Could you give the stack trace of this error? Where is it coming from? I would suggest you to patch the YarnSpawner as in this comment instead of patching SingleUserLabApp because the problem is with YarnSpawner.

The stack strace is coming from line 460 in auth.py of jupyterhub/services/auth.py when the object env_scopes is defined using json.loads on the env var JUPYTERHUB_OAUTH_ACCESS_SCOPES.

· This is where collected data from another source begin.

//! Who hears the answers of a script, and how an answer is told row by row.
ghost use Rattle.std.specs.Prelude.{◌≡◌, OnOk, IfErr, map, Err};
ghost use Rattle.scenario.specs.Heard.{Behind, Done, Drawn, Ended, HearsAll, Helped, IsUnheard, Kept, Left, Line, Listed, Told, told_of};

use crate::answers::{Answer, Row, Said};
use crate::picture::Picture;
use crate::style::Pen;
use lock_manager::{Blocked, Blocker, Listing, QueueRow, SlotRow, TableRow};
use lock_script::{Fault, Name, Names};

/// What hears the answers of a script, each as soon as it is given.
pub trait Listener {
    ghost use Rattle.scenario.specs.Heard.{Heard};

    // What it is before it hears something, what it hears, and what it is then.
    ghost hears: { Self → Heard → Self → Type 0 };

    /// Hears that a line of the script was read, with its number `number` and its text `text`. What is heard
    /// next answers the line. Where `more`, the next line is at hand, so that nobody waits for what is
    /// printed of this one.
    fn begin_line(&mut self, number: u32, text: &str, more: bool) -> Result<(), Fault>
        ensures heard { OnOk result (hears self.old (Line number text.now) self.new) }
        ensures unheard { IfErr result IsUnheard };

    /// Hears what the session `name` is answered, `said`. The other sessions are known by `names`.
    fn said(&mut self, names: &Names, name: Name, said: Said) -> Result<(), Fault>
        ensures heard { OnOk result (hears self.old (Told names.now name said) self.new) }
        ensures unheard { IfErr result IsUnheard };

    /// Hears the row `row` of an answer. The row's sessions are known by `names`.
    fn row(&mut self, names: &Names, row: Row) -> Result<(), Fault>
        ensures heard { OnOk result (hears self.old (Listed names.now row) self.new) }
        ensures unheard { IfErr result IsUnheard };

    /// What draws a picture after each listing, if the listener wants pictures.
    fn pen(&self) -> Option<Pen>;

    /// Hears of `picture`, which shows who waits for whom. The picture's sessions are known by `names`.
    fn picture(&mut self, names: &Names, picture: &Picture) -> Result<(), Fault>
        ensures heard { OnOk result (hears self.old Drawn self.new) }
        ensures unheard { IfErr result IsUnheard };

    /// Whether the listener wants to hear of each wait, as it begins, who is in its way. No session is asked
    /// for that otherwise.
    fn wants_waits(&self) -> bool {
        false
    }

    /// Hears that a session has begun to wait, and who is in its way, `blocked`, as the session says itself.
    /// The sessions are known by `names`.
    fn blocked(&mut self, names: &Names, blocked: &Blocked) -> Result<(), Fault>
        ensures heard { OnOk result (hears self.old (Behind names.now blocked.now) self.new) }
        ensures unheard { IfErr result IsUnheard };

    /// Hears `text`, which is for somebody at a shell, at once.
    fn tell(&mut self, text: &str) -> Result<(), Fault>
        ensures heard { OnOk result (hears self.old (Helped text.now) self.new) }
        ensures unheard { IfErr result IsUnheard };

    /// Hears that a line is answered, and that all sessions which go on after it have said so.
    fn end_line(&mut self) -> Result<(), Fault>
        ensures heard { OnOk result (hears self.old Done self.new) }
        ensures unheard { IfErr result IsUnheard };

    /// Hears of a line that was read, with its text `text` and its number `number`, and is kept until its
    /// session goes on. The line is answered when it is run. Where `more`, the next line is at hand.
    fn keep_line(&mut self, number: u32, text: &str, more: bool) -> Result<(), Fault>
        ensures heard { OnOk result (hears self.old (Kept number text.now) self.new) }
        ensures unheard { IfErr result IsUnheard };

    /// What draws a picture of those who wait at the end of the script, if one is wanted.
    fn last_pen(&self) -> Option<Pen> {
        None
    }

    /// Hears that the script has ended, and has no bad line. The sessions and objects are known by `names`.
    /// Where `tells_left`, `left` is called next, with the sessions that are left waiting.
    fn ended(&mut self, names: &Names, tells_left: bool) -> Result<(), Fault>
        ensures heard { OnOk result (hears self.old Ended self.new) }
        ensures unheard { IfErr result IsUnheard };

    /// Hears that the script has ended where lines are kept: the sessions of the names `waiting` wait, and
    /// `lines` lines were kept and not reached.
    fn left(&mut self, waiting: &[Name], lines: u64) -> Result<(), Fault>
        ensures heard { OnOk result (hears self.old (Left waiting.now lines) self.new) }
        ensures unheard { IfErr result IsUnheard };
}

/// Tells `listener` an `answer`, row by row. The sessions are known by `names`.
pub fn tell_answer<L: Listener>(
    listener: &mut L,
    names: &Names,
    answer: &Answer,
) -> Result<(), Fault>
    ensures heard { OnOk result (HearsAll L.hears listener.old (told_of names.now answer.now) listener.new) }
    ensures unheard { IfErr result IsUnheard }
    ensures no_memory { answer.now ≡ Answer.NoMemory → result ≡ Err Fault.NoMemory }
{
    match answer {
        Answer::Said(name, said) => listener.said(names, *name, *said),
        Answer::Row(row) => listener.row(names, *row),
        Answer::Listing(listing) => tell_listing(listener, names, listing),
        Answer::Queue(rows) => {
            tell_waits(listener, names, rows.as_slice())?;
            listener.row(names, Row::Waits(rows.len() as u64))
        }
        Answer::Blockers(name, found) => tell_blockers(listener, names, *name, found.as_slice()),
        Answer::NoMemory => Err(Fault::NoMemory),
    }
}

/// Tells `listener` a `listing`: each row, and then the number of the rows. The sessions are known by
/// `names`.
fn tell_listing<L: Listener>(
    listener: &mut L,
    names: &Names,
    listing: &Listing,
) -> Result<(), Fault>
    ensures heard { OnOk result (HearsAll L.hears listener.old
        (told_of names.now (Answer.Listing listing.now)) listener.new) }
    ensures unheard { IfErr result IsUnheard }
{
    tell_slots(listener, names, listing.fast.as_slice())?;
    tell_table(listener, names, listing.table.as_slice())?;
    let rows = (listing.fast.len() as u64).saturating_add(listing.table.len() as u64);
    listener.row(names, Row::Rows(rows))
}

/// Tells `listener` the locks in slots, which are `rows` of a listing.
fn tell_slots<L: Listener>(listener: &mut L, names: &Names, rows: &[SlotRow]) -> Result<(), Fault>
    ensures heard { OnOk result (HearsAll L.hears listener.old
        (map (λ row. Listed names.now (Row.Slot row)) rows.now) listener.new) }
    ensures unheard { IfErr result IsUnheard }
{
    'rows: for row in rows {
        listener.row(names, Row::Slot(*row))?;
    }
    Ok(())
}

/// Tells `listener` the locks in the table and the waits for them, which are `rows` of a listing.
fn tell_table<L: Listener>(listener: &mut L, names: &Names, rows: &[TableRow]) -> Result<(), Fault>
    ensures heard { OnOk result (HearsAll L.hears listener.old
        (map (λ row. Listed names.now (Row.Table row)) rows.now) listener.new) }
    ensures unheard { IfErr result IsUnheard }
{
    'rows: for row in rows {
        listener.row(names, Row::Table(*row))?;
    }
    Ok(())
}

/// Tells `listener` the waits of a wait queue, which are `rows`.
fn tell_waits<L: Listener>(listener: &mut L, names: &Names, rows: &[QueueRow]) -> Result<(), Fault>
    ensures heard { OnOk result (HearsAll L.hears listener.old
        (map (λ row. Listed names.now (Row.Wait row)) rows.now) listener.new) }
    ensures unheard { IfErr result IsUnheard }
{
    'rows: for row in rows {
        listener.row(names, Row::Wait(*row))?;
    }
    Ok(())
}

/// Tells `listener` who was `found` in the way of the session `name`, row by row.
fn tell_blockers<L: Listener>(
    listener: &mut L,
    names: &Names,
    name: Name,
    found: &[Blocker],
) -> Result<(), Fault>
    ensures heard { OnOk result (HearsAll L.hears listener.old
        (map (λ one. Listed names.now (Row.InTheWay name one)) found.now) listener.new) }
    ensures unheard { IfErr result IsUnheard }
{
    'rows: for blocker in found {
        listener.row(names, Row::InTheWay(name, *blocker))?;
    }
    Ok(())
}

    @default('access_scopes')
    def _default_scopes(self):
        env_scopes = os.getenv('JUPYTERHUB_OAUTH_ACCESS_SCOPES')
        if not env_scopes:
            # deprecated name (since 3.0)
            env_scopes = os.getenv('JUPYTERHUB_OAUTH_SCOPES')
        if env_scopes:
            return set(json.loads(env_scopes))

This is the stack trace:

[E 2024-08-03 08:45:35.447 YarnSingleUserNotebookApp web:1875] Uncaught exception GET /user/gschulz/lab? (::ffff:95.217.23.222)
    HTTPServerRequest(protocol='https', host='hub1.click-your-it.de', method='GET', uri='/user/gschulz/lab?', version='HTTP/1.1', remote_ip='::ffff:95.217.23.222')
    Traceback (most recent call last):
      File "/opt/miniforge/miniforge/envs/jupyterlab/lib/python3.9/site-packages/tornado/web.py", line 1769, in _execute
        result = await result  # type: ignore
      File "/opt/miniforge/miniforge/envs/jupyterlab/lib/python3.9/site-packages/jupyter_server/base/handlers.py", line 620, in prepare
        _user = self.identity_provider.get_user(self)
      File "/opt/miniforge/miniforge/envs/jupyterlab/lib/python3.9/site-packages/jupyter_server/auth/identity.py", line 703, in get_user
        user = self.login_handler_class.get_user(handler)  # type:ignore[attr-defined]
      File "/opt/miniforge/miniforge/envs/jupyterlab/lib/python3.9/site-packages/jupyterhub/singleuser/mixins.py", line 125, in get_user
        return handler.get_current_user()
      File "/opt/miniforge/miniforge/envs/jupyterlab/lib/python3.9/site-packages/jupyterhub/services/auth.py", line 1408, in get_current_user
        self._hub_auth_user_cache = self.check_hub_user(user_model)
      File "/opt/miniforge/miniforge/envs/jupyterlab/lib/python3.9/site-packages/jupyterhub/services/auth.py", line 1335, in check_hub_user
        if self.allow_all:
      File "/opt/miniforge/miniforge/envs/jupyterlab/lib/python3.9/site-packages/jupyterhub/services/auth.py", line 1270, in allow_all
        self.hub_scopes is None
      File "/opt/miniforge/miniforge/envs/jupyterlab/lib/python3.9/site-packages/jupyterhub/services/auth.py", line 1262, in hub_scopes
        return self.hub_auth.access_scopes or None
      File "/opt/miniforge/miniforge/envs/jupyterlab/lib/python3.9/site-packages/traitlets/traitlets.py", line 687, in __get__
        return t.cast(G, self.get(obj, cls))  # the G should encode the Optional
      File "/opt/miniforge/miniforge/envs/jupyterlab/lib/python3.9/site-packages/traitlets/traitlets.py", line 635, in get
        default = obj.trait_defaults(self.name)
      File "/opt/miniforge/miniforge/envs/jupyterlab/lib/python3.9/site-packages/traitlets/traitlets.py", line 1897, in trait_defaults
        return t.cast(Sentinel, self._get_trait_default_generator(names[0])(self))
      File "/opt/miniforge/miniforge/envs/jupyterlab/lib/python3.9/site-packages/traitlets/traitlets.py", line 1241, in __call__
        return self.func(*args, **kwargs)
      File "/opt/miniforge/miniforge/envs/jupyterlab/lib/python3.9/site-packages/jupyterhub/services/auth.py", line 460, in _default_scopes
        return set(json.loads(env_scopes))
      File "/opt/miniforge/miniforge/envs/jupyterlab/lib/python3.9/json/__init__.py", line 346, in loads
        return _default_decoder.decode(s)
      File "/opt/miniforge/miniforge/envs/jupyterlab/lib/python3.9/json/decoder.py", line 337, in decode
        obj, end = self.raw_decode(s, idx=_w(s, 0).end())
      File "/opt/miniforge/miniforge/envs/jupyterlab/lib/python3.9/json/decoder.py", line 355, in raw_decode
        raise JSONDecodeError("Expecting value", s, err.value) from None
    json.decoder.JSONDecodeError: Expecting value: line 1 column 2 (char 1)

This occurs when patching spawner.py of YarnSpawner like here and also patching singleuser.py of YarnSpawner like here.

In my case it does not occur when using json.dumps on the env var JUPYTERHUB_OAUTH_ACCESS_SCOPES in singleuser.py of yarnspawner.